What this task involves
Could you restate exactly the lines that begin at the line with "push_library(alloc, &mut files, number)?;" and end at the final line of the data?

Saved entries
================================

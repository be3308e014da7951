// A module with what its numbers are made from.
ghost use Rattle.std.specs.Prelude.{◌≡◌, map, IfOk};
ghost use Rattle.mvn_base.specs.FileName.{IsValid};
ghost use Rattle.module_plan.specs.Ready.{ready};

use crate::{Output, Places, SelectedModule, fetched_files, fetched_locks, outputs};
use lifecycle::{GoalList, goals};
use mvn_base::{FileName, Gav, Phase};
use mvn_shared::{List, Mem, Text};
use std::alloc::Global;

/// A module, its goals, the files that are fetched for it with the locks that cover them, and its outputs.
#[derive(Drop)]
pub struct Ready {
    pub selected: SelectedModule,
    pub goals: GoalList,
    pub fetch: List<FileName>,
    pub locks: List<Text>,
    pub outputs: List<Output>,
}

// What is made of a module.
#[derive(Drop)]
struct Prepared {
    goals: GoalList,
    fetch: List<FileName>,
    locks: List<Text>,
    outputs: List<Output>,
}

fn made_of(
    alloc: Global,
    phase: Phase,
    built: &Places<Gav>,
    selected: &SelectedModule,
) -> Mem<Prepared>
    requires names { IsValid selected.now.model.gav }
    ensures goals { IfOk result (λ p. p.goals ≡ (ready phase built.now selected.now).goals) }
    ensures fetch { IfOk result (λ p. p.fetch ≡ (ready phase built.now selected.now).fetch) }
    ensures locks { IfOk result (λ p. p.locks ≡ (ready phase built.now selected.now).locks) }
    ensures outputs { IfOk result (λ p.
        p.outputs ≡ (ready phase built.now selected.now).outputs) }
{
    let goals = goals(alloc, &selected.model, phase)?;
    let calls = goals.calls.as_slice();
    let winners = selected.resolution.winners.as_slice();
    let fetch = fetched_files(alloc, built, calls, winners)?;
    let locks = fetched_locks(alloc, built, calls, winners)?;
    let outputs = outputs(alloc, &selected.model)?;
    Ok(Prepared {
        goals,
        fetch,
        locks,
        outputs,
    })
}

/// A module made ready. Costs its goals, and the names of its dependencies.
pub fn made_ready(
    alloc: Global,
    phase: Phase,
    built: &Places<Gav>,
    selected: SelectedModule,
) -> Mem<Ready>
    requires names { IsValid selected.model.gav }
    ensures { IfOk result (λ r. r ≡ ready phase built.now selected) }
{
    let Prepared {
        goals,
        fetch,
        locks,
        outputs,
    } = made_of(alloc, phase, built, &selected)?;
    Ok(Ready {
        selected,
        goals,
        fetch,
        locks,
        outputs,
    })
}
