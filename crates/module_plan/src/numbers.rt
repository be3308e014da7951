// The numbers of one module of a plan.
ghost use Rattle.std.specs.Prelude.{◌≡◌, ◌<◌, length, map, IfOk};
ghost use Rattle.module_plan.specs.Numbers.{number_of, numbers_of};
ghost use Rattle.module_plan.specs.Plans.{budget_of, own_file};
ghost use Rattle.mvn_base.specs.Gav.{lock_name};
ghost use Rattle.module_plan.specs.Ready.{numbers_with, part_of, part_with};

use crate::entries::entries_of;
use crate::ready::Ready;
use crate::{FileList, Output, Places, is_pom};
use build_core::{Entry, OwnFile, PlanModule};
use classpaths::Resolution;
use model_types::Model;
use mvn_base::{FileName, Gav, MOST_OUTPUT, lock_name};
use mvn_shared::{List, Mem, Shared, Text};
use std::alloc::Global;

/// The most bytes that the kept outputs of all modules may have together. Project rule.
const MOST_OUTPUTS: u64 = 2_147_483_648;

// The numbers of a module.
#[derive(Drop)]
struct Numbers {
    batch: List<u32>,
    fetch: List<u32>,
    own_name: u32,
    own: List<OwnFile>,
    entries: List<Entry>,
}

/// A module of a plan, and what is shown of it.
#[derive(Drop)]
pub struct Part {
    pub planned: PlanModule,
    pub model: Shared<Model>,
    pub resolution: Resolution,
    pub unbound: List<Text>,
}

// The numbers of names.
fn name_numbers(alloc: Global, names: &Places<Text>, some: &[Text]) -> Mem<List<u32>>
    requires few_names { length names.now < 4294967296 }
    ensures { IfOk result (λ list. list ≡ numbers_of names.now some.now) }
{
    let mut list = List::new(alloc);
    for name in some {
        list.push(names.place(name))?;
    }
    Ok(list)
}

// The numbers of files.
fn file_numbers(alloc: Global, files: &FileList, some: &[FileName]) -> Mem<List<u32>>
    requires few_files { length files.now < 4294967296 }
    ensures { IfOk result (λ list. list ≡ numbers_of files.now some.now) }
{
    let mut list = List::new(alloc);
    for name in some {
        list.push(files.number(name.as_text()))?;
    }
    Ok(list)
}

// The file of an output.
fn own_file(files: &FileList, output: &Output) -> OwnFile
    requires few_files { length files.now < 4294967296 }
    ensures { result ≡ own_file files.now output.now }
{
    OwnFile {
        slot: output.slot,
        file: files.number(output.name.as_text()),
    }
}

// The files of outputs.
fn own_files(alloc: Global, files: &FileList, outputs: &[Output]) -> Mem<List<OwnFile>>
    requires few_files { length files.now < 4294967296 }
    ensures { IfOk result (λ list. list ≡ map (own_file files.now) outputs.now) }
{
    let mut list = List::new(alloc);
    for output in outputs {
        list.push(own_file(files, output))?;
    }
    Ok(list)
}

// The number of a module's own lock.
fn own_name(alloc: Global, names: &Places<Text>, gav: &Gav) -> Mem<u32>
    requires few_names { length names.now < 4294967296 }
    ensures { IfOk result (λ number. number ≡ number_of names.now (lock_name gav.now)) }
{
    let name = lock_name(alloc, gav)?;
    Ok(names.place(&name))
}

// The most bytes that the kept outputs of one of so many modules may have.
fn budget_of(count: usize) -> u64
    ensures { result ≡ budget_of count }
{
    MOST_OUTPUT.min(MOST_OUTPUTS / (count as u64).max(1))
}

// The numbers of a module that is ready.
fn numbers_of(
    alloc: Global,
    built: &Places<Gav>,
    names: &Places<Text>,
    files: &FileList,
    ready: &Ready,
) -> Mem<Numbers>
    requires few_built { length built.now < 4294967296 }
    requires few_names { length names.now < 4294967296 }
    requires few_files { length files.now < 4294967296 }
    ensures { IfOk result (λ n. n ≡ numbers_with built.now names.now files.now ready.now) }
{
    let own_name = own_name(alloc, names, &ready.selected.model.gav)?;
    let batch = name_numbers(alloc, names, ready.locks.as_slice())?;
    let fetch = file_numbers(alloc, files, ready.fetch.as_slice())?;
    let own = own_files(alloc, files, ready.outputs.as_slice())?;
    let calls = ready.goals.calls.as_slice();
    let winners = ready.selected.resolution.winners.as_slice();
    let entries = entries_of(alloc, built, files, calls, winners)?;
    Ok(Numbers {
        batch,
        fetch,
        own_name,
        own,
        entries,
    })
}

// A module of the plan, of its numbers.
#[tactic(auto, unfolding(crate::specs::Ready::module_with))]
fn assembled(gav: Gav, numbers: Numbers, ready: Ready, count: usize) -> Part
    ensures { result ≡ part_with gav numbers ready count }
{
    let needs_artifact = !is_pom(&ready.selected.model);
    let selected = ready.selected;
    let goals = ready.goals;
    let planned = PlanModule {
        gav,
        upstream: selected.upstream,
        batch: numbers.batch,
        fetch: numbers.fetch,
        own_name: numbers.own_name,
        own: numbers.own,
        pom: selected.pom,
        goals: goals.calls,
        sources: selected.sources,
        entries: numbers.entries,
        budget: budget_of(count),
        installs: goals.installs,
        needs_artifact,
    };
    Part {
        planned,
        model: selected.model,
        resolution: selected.resolution,
        unbound: goals.unbound,
    }
}

/// A copy of coordinates. Costs their length.
pub fn copy_of(gav: &Gav) -> Mem<Gav>
    ensures { IfOk result (λ copy. copy ≡ gav.now) }
{
    Ok(gav.clone()?)
}

// A module's coordinates, and its numbers.
#[derive(Drop)]
struct Labels {
    gav: Gav,
    numbers: Numbers,
}

fn labels_of(
    alloc: Global,
    built: &Places<Gav>,
    names: &Places<Text>,
    files: &FileList,
    ready: &Ready,
) -> Mem<Labels>
    requires few_built { length built.now < 4294967296 }
    requires few_names { length names.now < 4294967296 }
    requires few_files { length files.now < 4294967296 }
    ensures gav { IfOk result (λ l. l.gav ≡ ready.now.selected.model.gav) }
    ensures numbers { IfOk result (λ l.
        l.numbers ≡ numbers_with built.now names.now files.now ready.now) }
{
    let gav = copy_of(&ready.selected.model.gav)?;
    let numbers = numbers_of(alloc, built, names, files, ready)?;
    Ok(Labels { gav, numbers })
}

/// A module of the plan, by the coordinates of all that are built and by the plan's names and files. Costs its names; what it was made
/// from is moved.
pub fn part_of(
    alloc: Global,
    built: &Places<Gav>,
    names: &Places<Text>,
    files: &FileList,
    ready: Ready,
) -> Mem<Part>
    requires few_built { length built.now < 4294967296 }
    requires few_names { length names.now < 4294967296 }
    requires few_files { length files.now < 4294967296 }
    ensures { IfOk result (λ part. part ≡ part_of built.now names.now files.now ready) }
{
    let Labels { gav, numbers } = labels_of(alloc, built, names, files, &ready)?;
    Ok(assembled(gav, numbers, ready, built.len()))
}
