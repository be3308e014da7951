// The remote repository of the generated project. Maven's repository layout, for the names of its files.
ghost use Rattle.std.specs.Prelude.{◌≡◌, ◌<◌, ◌++◌, ◌∷◌, [], true, codes, flat_map, IfOk, OnOk};
ghost use Rattle.mvn_base.specs.FileName.{file_name, is_classifier, IsValid};
ghost use Rattle.mvn_base.specs.Names.{is_name};
ghost use Rattle.make_project.specs.Poms.{library};
ghost use Rattle.make_project.specs.Projects.{artifact_file, artifact_files, below, external, library_files, remote_files};

use crate::poms::{base_pom, library, library_pom};
use mvn_base::{FileName, Gav, file_of};
use mvn_shared::{Bytes, List, Mem, Text};
use outside_mem::MemFile;
use std::alloc::Global;

// The coordinate of a library.
fn external(alloc: Global, artifact: &str) -> Mem<Gav>
    ensures { IfOk result (λ gav. gav ≡ external artifact.now) }
{
    let group = Text::from_str(alloc, "ext")?;
    let artifact = Text::from_str(alloc, artifact)?;
    let version = Text::from_str(alloc, "1.0")?;
    Ok(Gav {
        group,
        artifact,
        version,
    })
}

// The name of a file of coordinates.
fn file_named(alloc: Global, gav: &Gav, extension: &str) -> Mem<FileName>
    requires valid { IsValid gav.now }
    requires extension { is_name extension.now ≡ true }
    ensures { IfOk result (λ name. name ≡ file_name gav.now [] extension.now) }
{
    let none = Text::from_str(alloc, "")?;
    let extension = Text::from_str(alloc, extension)?;
    file_of(alloc, gav, &none, &extension)
}

// The name of a library's file.
#[tactic(auto, using(crate::proofs::Names::valid_external))]
fn name_of(alloc: Global, artifact: &str, extension: &str) -> Mem<FileName>
    requires artifact { is_name artifact.now ≡ true }
    requires extension { is_name extension.now ≡ true }
    ensures { IfOk result (λ name. name ≡ file_name (external artifact.now) [] extension.now) }
{
    let gav = external(alloc, artifact)?;
    file_named(alloc, &gav, extension)
}

// A file of a library.
fn push_file(
    alloc: Global,
    files: &mut List<MemFile>,
    artifact: &str,
    extension: &str,
    bytes: Bytes,
) -> Mem<()>
    requires artifact { is_name artifact.now ≡ true }
    requires extension { is_name extension.now ≡ true }
    ensures { OnOk result (files.new
        ≡ files.old ++ artifact_file artifact.now extension.now bytes ∷ []) }
{
    let name = name_of(alloc, artifact, extension)?;
    files.push(MemFile { name, bytes })
}

// The POM and the jar of a library.
#[tactic(auto, using(crate::proofs::Names::pom_is_name, crate::proofs::Names::jar_is_name))]
fn push_artifact(alloc: Global, files: &mut List<MemFile>, artifact: &str, pom: Bytes) -> Mem<()>
    requires artifact { is_name artifact.now ≡ true }
    ensures { OnOk result (files.new ≡ files.old ++ artifact_files artifact.now pom) }
{
    push_file(alloc, files, artifact, "pom", pom)?;
    let jar = Bytes::from_slice(alloc, b"J")?;
    push_file(alloc, files, artifact, "jar", jar)
}

// The files of a library that stands on the base.
#[tactic(auto, using(crate::proofs::Names::library_is_name))]
fn push_library(alloc: Global, files: &mut List<MemFile>, number: u32) -> Mem<()>
    requires { number < 10 }
    ensures { OnOk result (files.new ≡ files.old ++ library_files number) }
{
    let artifact = library(alloc, number)?;
    let pom = library_pom(alloc, artifact.as_str())?;
    push_artifact(alloc, files, artifact.as_str(), pom)
}

/// The files of the remote repository: ten libraries, and the base on which each of them stands. Constant cost.
#[tactic(auto, using(crate::proofs::Numbers::below_more, crate::proofs::Names::base_is_name))]
pub(crate) fn remote_files(alloc: Global) -> Mem<List<MemFile>>
    ensures { IfOk result (λ files. files ≡ remote_files) }
{
    let mut files = List::new(alloc);
    for number in 0..10u32 {
        push_library(alloc, &mut files, number)?;
    }
    let pom = base_pom(alloc)?;
    push_artifact(alloc, &mut files, "base", pom)?;
    Ok(files)
}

================================

Written response
        push_library(alloc, &mut files, number)?;
    }
    let pom = base_pom(alloc)?;
    push_artifact(alloc, &mut files, "base", pom)?;
    Ok(files)
}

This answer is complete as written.